少しずつ、よくなる社会に・・・
柴田悠氏著『子育て支援が日本を救う(政策効果の統計分析)』(2016/6/25刊・勁草書房)『子育て支援と経済成長』(2017/2/28刊・朝日新書)の2冊を参考にして「子育て支援」と「少子化対策」について考える、以下の5回のシリーズを終えました。
<第1回>:社会学者が行う子育て支援政策提案への経済学アプローチの違和感:柴田悠氏「子育て支援論」から考える-1(2022/5/20)
<第2回>:保育サービス支出総額だけの統計論のムリ筋:子育て柴田悠氏「子育て支援論」から考える-2(2022/5/22)
<第3回>:気になる出生率向上と子育て支援との関係性の希薄さ:柴田悠氏「子育て支援論」から考える-3(2022/5/23)
<第4回>:増税・財源確保の子育て支援政策のムリ筋:柴田悠氏「子育て支援論」から考える-4(2022/5/24)
<第5回>:子育て・保育の本質から考えるべき政治行政と財政政策:柴田悠氏「子育て支援論」から考える-5(総括)(2022/5/25)

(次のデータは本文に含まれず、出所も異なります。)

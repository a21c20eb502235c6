// The entry: the label file of a text. entry_c has it for C.
#![tactic(auto)]

ghost use Rattle.std.specs.Prelude.{◌≡◌};
ghost use Rattle.graph.specs.Graph.{graph};
ghost use Rattle.graph.specs.Search.{labels};
ghost use Rattle.entry.specs.LabelText.{Answered, Promise};
ghost use Rattle.entry.specs.Steps.{LabelAsk};
ghost use Rattle.labels.specs.Promise.{Promise as Wrote};

mod components;

use graph::refusal::Refusal;

pub const MOST_VERTICES: usize = 512;

pub const MOST_EDGES: usize = 4096;

fn write_labels(
    n: usize,
    sources: &[u32],
    targets: &[u32],
    out: &mut [u8],
) -> Result<usize, Refusal>
    requires { LabelAsk n sources.now targets.now (labels (graph n sources.now targets.now)) }
    ensures { Wrote (labels (graph n sources.now targets.now)) out.old result out.new }
{
    let mut label = [0u32; MOST_VERTICES];
    components::labelled(n, sources, targets, &mut label[..n]);
    labels::write(&label[..n], out)
}

pub fn label_text(text: &[u8], out: &mut [u8]) -> Result<usize, Refusal>
    ensures { Answered text.now out.old result out.new }
{
    let mut sources = [0u32; MOST_EDGES];
    let mut targets = [0u32; MOST_EDGES];
    let size = text::read_within(text, MOST_VERTICES, MOST_EDGES, &mut sources, &mut targets)?;
    write_labels(size.n, &sources[..size.edges], &targets[..size.edges], out)
}

// What entry_c exports under the same name.
pub fn tinoweala_label_text(text: &[u8], out: &mut [u8]) -> i64
    ensures { Promise text.now out.old result out.new }
{
    match label_text(text, out) {
        Ok(bytes) => bytes as i64,
        Err(refusal) => -i64::from(u32::from(refusal)),
    }
}
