// The labels of a small table, by the decomposer with pivot kind 0, order 0 and method 0, in memory of its own.
ghost use Rattle.std.specs.Prelude.{◌≡◌};
ghost use Rattle.graph.specs.Graph.{graph};
ghost use Rattle.graph.specs.Search.{labels};
ghost use Rattle.entry.specs.Steps.{LabelAsk};

use graph::limits;
use graph::table::Table;

// The labels of a table of at most 512 vertices and 4,096 edges. A text has no kinds: kind 0 for every edge.
pub fn labelled(n: usize, sources: &[u32], targets: &[u32], label: &mut [u32])
    requires { LabelAsk n sources.now targets.now label.old }
    ensures { label.new ≡ labels (graph n sources.now targets.now) }
{
    let kinds = [0u8; crate::MOST_EDGES];
    let mut numbers = [0u32; 14352];
    let mut words = [0u64; 48];
    let table = Table {
        n,
        sources,
        targets,
        kinds: &kinds[..sources.len()],
        mask: limits::FULL_MASK,
    };
    // Within these limits the decomposer refuses nothing.
    let _ = decompose::plain::plain(&table, label, &mut numbers, &mut words);
}
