// How far it is from a code to its parts, and how many these are.
ghost use Rattle.std.specs.Prelude.{◌≡◌};
ghost use Rattle.preparing.specs.Ends.{parts_of, width_of};

// How many parts a code has, each a formula or a term; n is the byte after the next, of an instance the
// number of its arguments.
pub(crate) fn parts_of(code: u8, n: u8) -> usize
    ensures { result ≡ parts_of code n }
{
    // An arm for each code: of or-patterns a proof has only Rattle's own names, and it didn't close.
    match code {
        0x10 => 0,
        0x11 => 0,
        0x14 => 1,
        0x15 => 1,
        0x1a => usize::from(n).min(4),
        0x20 => 0,
        0x21 => 0,
        _ => 2,
    }
}

// How many bytes stand before the first of them.
pub(crate) fn width_of(code: u8) -> usize
    ensures { result ≡ width_of code }
{
    match code {
        0x14 => 2,
        0x15 => 2,
        0x1a => 3,
        _ => { if code < 0x20 { 1 } else { 2 } }
    }
}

今回からは、これに続いて、同類書である山口慎太郎氏『子育て支援の経済学』(2021/1/20刊・日本評論社)『「家族の幸せ」の経済学 データ分析でわかった結婚、出産、子育ての真実』(2019/7/30刊・光文社新書)
から前書を主に参考にして、同様に<山口慎太郎氏「子育て支援論」から考える>シリーズに、4回にわたって取り組みます。
山口慎太郎氏著『子育て支援の経済学』『「家族の幸せ」の経済学』から考える子育て・少子化対策論-1
子育て支援の3つの役割(<はしがき>から)
本書の冒頭、<はしがき>に、「子育て支援」の3つの役割・目標として、以下を掲げています。
1.出生率の向上
2.次世代への投資
3.女性の労働市場進出
そして、それらに関して政府が行う育児休業制度や保育制度、児童手当などの諸制度・諸政策について経済的研究から得た知見を紹介。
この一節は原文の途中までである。